§ **What is being asked**: Which of the lines below holds the string "resize"? Copy every line that does.

§ **Data records**:

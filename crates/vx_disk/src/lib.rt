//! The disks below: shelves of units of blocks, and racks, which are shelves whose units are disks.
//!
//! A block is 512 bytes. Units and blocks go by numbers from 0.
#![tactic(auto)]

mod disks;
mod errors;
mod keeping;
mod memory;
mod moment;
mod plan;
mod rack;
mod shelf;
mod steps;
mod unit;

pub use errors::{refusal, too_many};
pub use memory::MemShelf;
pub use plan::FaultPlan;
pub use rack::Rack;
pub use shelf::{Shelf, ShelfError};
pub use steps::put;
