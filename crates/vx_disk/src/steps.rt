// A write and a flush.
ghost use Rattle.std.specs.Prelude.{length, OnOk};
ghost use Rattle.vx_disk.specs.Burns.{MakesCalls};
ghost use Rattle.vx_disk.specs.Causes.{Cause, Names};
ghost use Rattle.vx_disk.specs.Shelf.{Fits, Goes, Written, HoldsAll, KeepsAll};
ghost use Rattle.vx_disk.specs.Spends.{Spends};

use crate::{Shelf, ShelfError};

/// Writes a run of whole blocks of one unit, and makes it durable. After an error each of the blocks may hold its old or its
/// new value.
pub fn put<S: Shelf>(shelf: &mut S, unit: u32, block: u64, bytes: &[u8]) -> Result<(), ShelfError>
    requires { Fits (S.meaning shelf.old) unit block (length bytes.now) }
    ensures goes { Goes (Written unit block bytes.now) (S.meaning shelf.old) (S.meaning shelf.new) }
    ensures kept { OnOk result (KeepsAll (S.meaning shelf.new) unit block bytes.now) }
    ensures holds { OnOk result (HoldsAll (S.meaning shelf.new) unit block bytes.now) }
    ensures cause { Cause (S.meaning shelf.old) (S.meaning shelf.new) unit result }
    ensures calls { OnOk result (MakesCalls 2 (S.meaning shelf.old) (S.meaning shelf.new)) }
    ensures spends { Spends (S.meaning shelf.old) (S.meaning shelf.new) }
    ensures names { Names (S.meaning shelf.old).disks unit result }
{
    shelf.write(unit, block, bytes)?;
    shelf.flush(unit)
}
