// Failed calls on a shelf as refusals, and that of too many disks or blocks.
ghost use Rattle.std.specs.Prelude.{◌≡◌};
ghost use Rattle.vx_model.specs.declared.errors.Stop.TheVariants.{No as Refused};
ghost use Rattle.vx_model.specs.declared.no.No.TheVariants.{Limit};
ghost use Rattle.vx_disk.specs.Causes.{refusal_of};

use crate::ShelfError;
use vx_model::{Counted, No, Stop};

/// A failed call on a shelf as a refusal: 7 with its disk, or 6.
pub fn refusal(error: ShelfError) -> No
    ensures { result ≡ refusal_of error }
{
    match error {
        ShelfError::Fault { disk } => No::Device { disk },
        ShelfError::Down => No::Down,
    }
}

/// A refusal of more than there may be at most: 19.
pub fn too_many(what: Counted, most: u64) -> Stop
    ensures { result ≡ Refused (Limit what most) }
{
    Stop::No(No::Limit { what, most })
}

...

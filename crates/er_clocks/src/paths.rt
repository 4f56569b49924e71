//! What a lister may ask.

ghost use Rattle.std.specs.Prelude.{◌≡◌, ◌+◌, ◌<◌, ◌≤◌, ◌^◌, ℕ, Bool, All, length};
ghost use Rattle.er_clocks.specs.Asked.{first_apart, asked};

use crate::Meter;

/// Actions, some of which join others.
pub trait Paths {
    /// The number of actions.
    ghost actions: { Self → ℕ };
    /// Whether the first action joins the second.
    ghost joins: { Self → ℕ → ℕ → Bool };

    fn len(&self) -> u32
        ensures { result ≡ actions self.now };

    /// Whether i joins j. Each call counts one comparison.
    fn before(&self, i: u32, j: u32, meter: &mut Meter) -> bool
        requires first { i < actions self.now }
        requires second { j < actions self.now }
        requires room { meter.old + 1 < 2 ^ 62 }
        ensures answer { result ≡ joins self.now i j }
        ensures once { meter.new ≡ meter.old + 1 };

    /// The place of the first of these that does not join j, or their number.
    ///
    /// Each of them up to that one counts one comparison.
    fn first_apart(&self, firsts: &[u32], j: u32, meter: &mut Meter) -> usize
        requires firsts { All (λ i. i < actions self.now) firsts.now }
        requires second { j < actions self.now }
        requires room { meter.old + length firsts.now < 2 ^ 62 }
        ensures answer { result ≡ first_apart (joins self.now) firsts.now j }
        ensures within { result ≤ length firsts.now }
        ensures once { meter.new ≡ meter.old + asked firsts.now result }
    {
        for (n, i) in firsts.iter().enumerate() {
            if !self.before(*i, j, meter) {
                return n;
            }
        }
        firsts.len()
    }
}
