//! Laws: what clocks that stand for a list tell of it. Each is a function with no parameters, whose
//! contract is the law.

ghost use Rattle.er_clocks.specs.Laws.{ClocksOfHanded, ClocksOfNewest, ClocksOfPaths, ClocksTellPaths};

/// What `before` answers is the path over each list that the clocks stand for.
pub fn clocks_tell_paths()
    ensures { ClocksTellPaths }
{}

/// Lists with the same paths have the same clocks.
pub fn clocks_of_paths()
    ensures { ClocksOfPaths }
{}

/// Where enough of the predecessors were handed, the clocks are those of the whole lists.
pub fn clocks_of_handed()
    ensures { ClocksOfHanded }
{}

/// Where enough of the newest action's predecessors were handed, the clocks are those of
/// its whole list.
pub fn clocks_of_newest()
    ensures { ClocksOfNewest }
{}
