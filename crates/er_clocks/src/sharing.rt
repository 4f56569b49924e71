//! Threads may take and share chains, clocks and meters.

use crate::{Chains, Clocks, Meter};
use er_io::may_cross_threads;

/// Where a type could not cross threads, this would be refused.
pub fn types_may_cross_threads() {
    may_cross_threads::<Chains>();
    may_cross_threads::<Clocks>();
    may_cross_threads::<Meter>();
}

==

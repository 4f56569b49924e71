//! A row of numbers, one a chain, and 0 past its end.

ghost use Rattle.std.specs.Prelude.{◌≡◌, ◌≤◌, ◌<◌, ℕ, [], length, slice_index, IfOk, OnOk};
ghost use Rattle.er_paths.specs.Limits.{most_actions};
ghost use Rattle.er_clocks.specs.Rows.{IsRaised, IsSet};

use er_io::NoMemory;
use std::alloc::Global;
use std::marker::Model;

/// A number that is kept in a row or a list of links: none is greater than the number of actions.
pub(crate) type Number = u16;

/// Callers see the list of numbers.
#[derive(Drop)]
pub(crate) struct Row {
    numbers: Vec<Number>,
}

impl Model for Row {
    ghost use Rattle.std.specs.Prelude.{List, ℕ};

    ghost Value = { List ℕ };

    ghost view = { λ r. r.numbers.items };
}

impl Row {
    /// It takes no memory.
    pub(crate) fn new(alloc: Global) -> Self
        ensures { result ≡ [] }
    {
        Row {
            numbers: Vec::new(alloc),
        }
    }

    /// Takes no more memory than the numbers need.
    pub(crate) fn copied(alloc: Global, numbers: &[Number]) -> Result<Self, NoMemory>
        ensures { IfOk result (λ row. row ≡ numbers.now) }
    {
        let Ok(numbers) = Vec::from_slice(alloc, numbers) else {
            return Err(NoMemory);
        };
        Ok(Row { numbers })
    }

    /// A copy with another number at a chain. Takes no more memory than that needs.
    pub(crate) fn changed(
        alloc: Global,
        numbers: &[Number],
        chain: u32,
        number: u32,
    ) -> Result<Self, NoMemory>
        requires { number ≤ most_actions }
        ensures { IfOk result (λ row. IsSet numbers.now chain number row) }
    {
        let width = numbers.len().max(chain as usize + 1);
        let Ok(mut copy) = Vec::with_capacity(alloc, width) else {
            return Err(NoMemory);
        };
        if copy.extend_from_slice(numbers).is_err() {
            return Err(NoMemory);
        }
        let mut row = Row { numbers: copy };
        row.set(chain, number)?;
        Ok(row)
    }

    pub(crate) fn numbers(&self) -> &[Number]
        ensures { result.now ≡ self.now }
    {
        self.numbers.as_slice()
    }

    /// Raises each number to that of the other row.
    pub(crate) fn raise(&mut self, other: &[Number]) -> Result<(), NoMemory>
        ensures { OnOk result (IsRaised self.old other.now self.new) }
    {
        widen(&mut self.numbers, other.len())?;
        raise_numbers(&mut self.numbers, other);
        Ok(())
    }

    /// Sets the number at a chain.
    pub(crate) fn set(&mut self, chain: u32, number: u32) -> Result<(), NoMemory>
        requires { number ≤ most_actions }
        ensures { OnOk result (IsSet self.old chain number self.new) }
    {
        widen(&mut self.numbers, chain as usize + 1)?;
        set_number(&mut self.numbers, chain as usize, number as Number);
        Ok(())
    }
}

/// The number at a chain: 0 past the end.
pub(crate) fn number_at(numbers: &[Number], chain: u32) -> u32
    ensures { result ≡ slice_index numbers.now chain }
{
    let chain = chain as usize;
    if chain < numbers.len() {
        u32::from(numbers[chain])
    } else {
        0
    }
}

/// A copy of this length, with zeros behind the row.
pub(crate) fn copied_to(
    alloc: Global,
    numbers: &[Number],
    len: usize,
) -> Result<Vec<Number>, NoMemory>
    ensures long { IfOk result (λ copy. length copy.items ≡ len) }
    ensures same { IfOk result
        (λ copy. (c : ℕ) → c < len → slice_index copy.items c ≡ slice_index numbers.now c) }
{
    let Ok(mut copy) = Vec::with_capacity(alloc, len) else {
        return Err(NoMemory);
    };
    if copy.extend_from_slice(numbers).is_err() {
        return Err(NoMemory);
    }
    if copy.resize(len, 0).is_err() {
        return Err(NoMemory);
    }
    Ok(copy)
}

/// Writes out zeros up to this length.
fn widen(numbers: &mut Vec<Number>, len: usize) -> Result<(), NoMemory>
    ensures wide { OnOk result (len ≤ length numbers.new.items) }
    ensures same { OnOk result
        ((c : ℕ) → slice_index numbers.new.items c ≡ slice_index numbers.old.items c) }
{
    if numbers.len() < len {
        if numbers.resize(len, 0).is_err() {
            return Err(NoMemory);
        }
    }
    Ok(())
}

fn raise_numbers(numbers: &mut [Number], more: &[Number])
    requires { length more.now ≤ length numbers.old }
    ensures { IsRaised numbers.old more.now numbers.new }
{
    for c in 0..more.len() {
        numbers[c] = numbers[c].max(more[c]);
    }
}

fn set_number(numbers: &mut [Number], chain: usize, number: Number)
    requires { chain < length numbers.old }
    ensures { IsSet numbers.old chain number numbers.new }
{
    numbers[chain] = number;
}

§ **Written solution**:
    if copy.resize(len, 0).is_err() {
        if numbers.resize(len, 0).is_err() {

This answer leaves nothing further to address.